◆ Task item
Write out all of the lines below, exactly and completely.

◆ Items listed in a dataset
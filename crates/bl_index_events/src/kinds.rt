//! Kinds of processes, each by its own type.

use bl_proc::{Compress, Lower, Process, Reader};
use bl_proc_writes::{InsertPost, Post, Write};

/// A kind of process that the index carries out: each is one of the kinds that the world of processes knows, and goes on
/// in one way.
pub trait Kind: Process + Reader {
    ghost use Rattle.std.specs.Prelude.{◌≡◌, None};
    ghost use Rattle.bl_proc_steps.specs.declared.acts.Seen.{Seen};
    ghost use Rattle.bl_proc_steps.specs.Given.{Gives};
    ghost use Rattle.bl_proc.specs.declared.kinds.Proc.{Proc};
    ghost use Rattle.bl_proc.specs.Processes.{next_of as next_in, needs_of as needs_in, answer_of as answer_in, Takes as TakesIn};
    ghost use Rattle.bl_proc_deterministic.specs.Courses.{GoesOn};
    ghost use Rattle.bl_proc_deterministic.specs.Frames.{frames_wanted, Wants, Follows};
    ghost use Rattle.bl_proc_deterministic.specs.Retirements.{RetiresAfter};

    // The same process as one of any kind.
    ghost proc_of: { Self → Proc };

    ghost acts: { (p : Self) → next_in (proc_of p) ≡ Self.Process.next_of p };

    ghost asks: { (p : Self) → needs_in (proc_of p) ≡ Self.Process.needs_of p };

    ghost answers: { (p : Self) → answer_in (proc_of p) ≡ Self.Process.answer_of p };

    ghost goes: { (p q : Self) (what : Seen) → Self.Process.Takes p what q → TakesIn (proc_of p) what (proc_of q) };

    ghost courses: { (p : Self) (what : Seen) → Self.Process.answer_of p ≡ None → Gives (Self.Process.next_of p) (Self.Process.needs_of p) what → GoesOn
        (proc_of p) what };

    ghost wants: { (p : Self) → Wants (next_in (proc_of p)) (needs_in (proc_of p)) (frames_wanted (proc_of p)) };

    ghost follows: { (p q : Self) (what : Seen) → Self.Process.Takes p what q → Follows (proc_of p) what (proc_of q) };

    ghost retires: { (p q : Self) (what : Seen) → Self.Process.Takes p what q → RetiresAfter (next_in (proc_of p)) what (next_in (proc_of q)) };
}

impl Kind for Write {
    ghost use Rattle.std.specs.Prelude.{refl};
    ghost use Rattle.bl_proc.specs.declared.kinds.Proc.TheVariants as proc;
    ghost use Rattle.bl_proc_deterministic.proofs.Writings.{write_goes};
    ghost use Rattle.bl_proc_deterministic.proofs.WritingsFollowing.{write_wants, write_follows, write_retires};

    ghost proc_of = { λ p. proc.Write p };

    ghost acts = { λ p. refl };

    ghost asks = { λ p. refl };

    ghost answers = { λ p. refl };

    ghost goes = { λ p q what t. t };

    ghost courses = { write_goes };

    ghost wants = { write_wants };

    ghost follows = { write_follows };

    ghost retires = { write_retires };
}

impl Kind for Post {
    ghost use Rattle.std.specs.Prelude.{refl};
    ghost use Rattle.bl_proc.specs.declared.kinds.Proc.TheVariants as proc;
    ghost use Rattle.bl_proc_deterministic.proofs.Posts.{post_goes};
    ghost use Rattle.bl_proc_deterministic.proofs.PostsFollowing.{post_wants, post_follows};
    ghost use Rattle.bl_proc_deterministic.proofs.Retirements.{post_retires};

    ghost proc_of = { λ p. proc.Post p };

    ghost acts = { λ p. refl };

    ghost asks = { λ p. refl };

    ghost answers = { λ p. refl };

    ghost goes = { λ p q what t. t };

    ghost courses = { post_goes };

    ghost wants = { post_wants };

    ghost follows = { post_follows };

    ghost retires = { post_retires };
}

impl Kind for Compress {
    ghost use Rattle.std.specs.Prelude.{refl};
    ghost use Rattle.bl_proc.specs.declared.kinds.Proc.TheVariants as proc;
    ghost use Rattle.bl_proc_deterministic.proofs.Compressions.{compress_goes};
    ghost use Rattle.bl_proc_deterministic.proofs.CompressionsFollowing.{compress_wants, compress_follows};
    ghost use Rattle.bl_proc_deterministic.proofs.Retirements.{compress_retires};

    ghost proc_of = { λ p. proc.Compress p };

    ghost acts = { λ p. refl };

    ghost asks = { λ p. refl };

    ghost answers = { λ p. refl };

    ghost goes = { λ p q what t. t };

    ghost courses = { compress_goes };

    ghost wants = { compress_wants };

    ghost follows = { compress_follows };

    ghost retires = { compress_retires };
}

impl Kind for Lower {
    ghost use Rattle.std.specs.Prelude.{refl};
    ghost use Rattle.bl_proc.specs.declared.kinds.Proc.TheVariants as proc;
    ghost use Rattle.bl_proc_deterministic.proofs.Lowers.{lower_goes, lower_wants, lower_follows, lower_retires};

    ghost proc_of = { λ p. proc.Lower p };

    ghost acts = { λ p. refl };

    ghost asks = { λ p. refl };

    ghost answers = { λ p. refl };

    ghost goes = { λ p q what t. t };

    ghost courses = { lower_goes };

    ghost wants = { lower_wants };

    ghost follows = { lower_follows };

    ghost retires = { lower_retires };
}

impl Kind for InsertPost {
    ghost use Rattle.std.specs.Prelude.{refl};
    ghost use Rattle.bl_proc.specs.declared.kinds.Proc.TheVariants as proc;
    ghost use Rattle.bl_proc_deterministic.proofs.Climbs.{climb_goes};
    ghost use Rattle.bl_proc_deterministic.proofs.ClimbsFollowing.{climb_wants, climb_follows, climb_retires};

    ghost proc_of = { λ p. proc.InsertPost p };

    ghost acts = { λ p. refl };

    ghost asks = { λ p. refl };

    ghost answers = { λ p. refl };

    ghost goes = { λ p q what t. t };

    ghost courses = { climb_goes };

    ghost wants = { climb_wants };

    ghost follows = { climb_follows };

    ghost retires = { climb_retires };
}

◆ Solution
filename crates/bl_index_events/src/kinds.rt
//! Kinds of processes, each by its own type.

use bl_proc::{Compress, Lower, Process, Reader};
use bl_proc_writes::{InsertPost, Post, Write};

/// A kind of process that the index carries out: each is one of the kinds that the world of processes knows, and goes on
/// in one way.
pub trait Kind: Process + Reader {
    ghost use Rattle.std.specs.Prelude.{◌≡◌, None};
    ghost use Rattle.bl_proc_steps.specs.declared.acts.Seen.{Seen};
    ghost use Rattle.bl_proc_steps.specs.Given.{Gives};
    ghost use Rattle.bl_proc.specs.declared.kinds.Proc.{Proc};
    ghost use Rattle.bl_proc.specs.Processes.{next_of as next_in, needs_of as needs_in, answer_of as answer_in, Takes as TakesIn};
    ghost use Rattle.bl_proc_deterministic.specs.Courses.{GoesOn};
    ghost use Rattle.bl_proc_deterministic.specs.Frames.{frames_wanted, Wants, Follows};
    ghost use Rattle.bl_proc_deterministic.specs.Retirements.{RetiresAfter};

    // The same process as one of any kind.
    ghost proc_of: { Self → Proc };

    ghost acts: { (p : Self) → next_in (proc_of p) ≡ Self.Process.next_of p };

    ghost asks: { (p : Self) → needs_in (proc_of p) ≡ Self.Process.needs_of p };

    ghost answers: { (p : Self) → answer_in (proc_of p) ≡ Self.Process.answer_of p };

    ghost goes: { (p q : Self) (what : Seen) → Self.Process.Takes p what q → TakesIn (proc_of p) what (proc_of q) };

    ghost courses: { (p : Self) (what : Seen) → Self.Process.answer_of p ≡ None → Gives (Self.Process.next_of p) (Self.Process.needs_of p) what → GoesOn
        (proc_of p) what };

    ghost wants: { (p : Self) → Wants (next_in (proc_of p)) (needs_in (proc_of p)) (frames_wanted (proc_of p)) };

    ghost follows: { (p q : Self) (what : Seen) → Self.Process.Takes p what q → Follows (proc_of p) what (proc_of q) };

    ghost retires: { (p q : Self) (what : Seen) → Self.Process.Takes p what q → RetiresAfter (next_in (proc_of p)) what (next_in (proc_of q)) };
}

impl Kind for Write {
    ghost use Rattle.std.specs.Prelude.{refl};
    ghost use Rattle.bl_proc.specs.declared.kinds.Proc.TheVariants as proc;
    ghost use Rattle.bl_proc_deterministic.proofs.Writings.{write_goes};
    ghost use Rattle.bl_proc_deterministic.proofs.WritingsFollowing.{write_wants, write_follows, write_retires};

    ghost proc_of = { λ p. proc.Write p };

    ghost acts = { λ p. refl };

    ghost asks = { λ p. refl };

    ghost answers = { λ p. refl };

    ghost goes = { λ p q what t. t };

    ghost courses = { write_goes };

    ghost wants = { write_wants };

    ghost follows = { write_follows };

    ghost retires = { write_retires };
}

impl Kind for Post {
    ghost use Rattle.std.specs.Prelude.{refl};
    ghost use Rattle.bl_proc.specs.declared.kinds.Proc.TheVariants as proc;
    ghost use Rattle.bl_proc_deterministic.proofs.Posts.{post_goes};
    ghost use Rattle.bl_proc_deterministic.proofs.PostsFollowing.{post_wants, post_follows};
    ghost use Rattle.bl_proc_deterministic.proofs.Retirements.{post_retires};

    ghost proc_of = { λ p. proc.Post p };

    ghost acts = { λ p. refl };

    ghost asks = { λ p. refl };

    ghost answers = { λ p. refl };

    ghost goes = { λ p q what t. t };

    ghost courses = { post_goes };

    ghost wants = { post_wants };

    ghost follows = { post_follows };

    ghost retires = { post_retires };
}

impl Kind for Compress {
    ghost use Rattle.std.specs.Prelude.{refl};
    ghost use Rattle.bl_proc.specs.declared.kinds.Proc.TheVariants as proc;
    ghost use Rattle.bl_proc_deterministic.proofs.Compressions.{compress_goes};
    ghost use Rattle.bl_proc_deterministic.proofs.CompressionsFollowing.{compress_wants, compress_follows};
    ghost use Rattle.bl_proc_deterministic.proofs.Retirements.{compress_retires};

    ghost proc_of = { λ p. proc.Compress p };

    ghost acts = { λ p. refl };

    ghost asks = { λ p. refl };

    ghost answers = { λ p. refl };

    ghost goes = { λ p q what t. t };

    ghost courses = { compress_goes };

    ghost wants = { compress_wants };

    ghost follows = { compress_follows };

    ghost retires = { compress_retires };
}

impl Kind for Lower {
    ghost use Rattle.std.specs.Prelude.{refl};
    ghost use Rattle.bl_proc.specs.declared.kinds.Proc.TheVariants as proc;
    ghost use Rattle.bl_proc_deterministic.proofs.Lowers.{lower_goes, lower_wants, lower_follows, lower_retires};

    ghost proc_of = { λ p. proc.Lower p };

    ghost acts = { λ p. refl };

    ghost asks = { λ p. refl };

    ghost answers = { λ p. refl };

    ghost goes = { λ p q what t. t };

    ghost courses = { lower_goes };

    ghost wants = { lower_wants };

    ghost follows = { lower_follows };

    ghost retires = { lower_retires };
}

impl Kind for InsertPost {
    ghost use Rattle.std.specs.Prelude.{refl};
    ghost use Rattle.bl_proc.specs.declared.kinds.Proc.TheVariants as proc;
    ghost use Rattle.bl_proc_deterministic.proofs.Climbs.{climb_goes};
    ghost use Rattle.bl_proc_deterministic.proofs.ClimbsFollowing.{climb_wants, climb_follows, climb_retires};

    ghost proc_of = { λ p. proc.InsertPost p };

    ghost acts = { λ p. refl };

    ghost asks = { λ p. refl };

    ghost answers = { λ p. refl };

    ghost goes = { λ p q what t. t };

    ghost courses = { climb_goes };

    ghost wants = { climb_wants };

    ghost follows = { climb_follows };

    ghost retires = { climb_retires };
}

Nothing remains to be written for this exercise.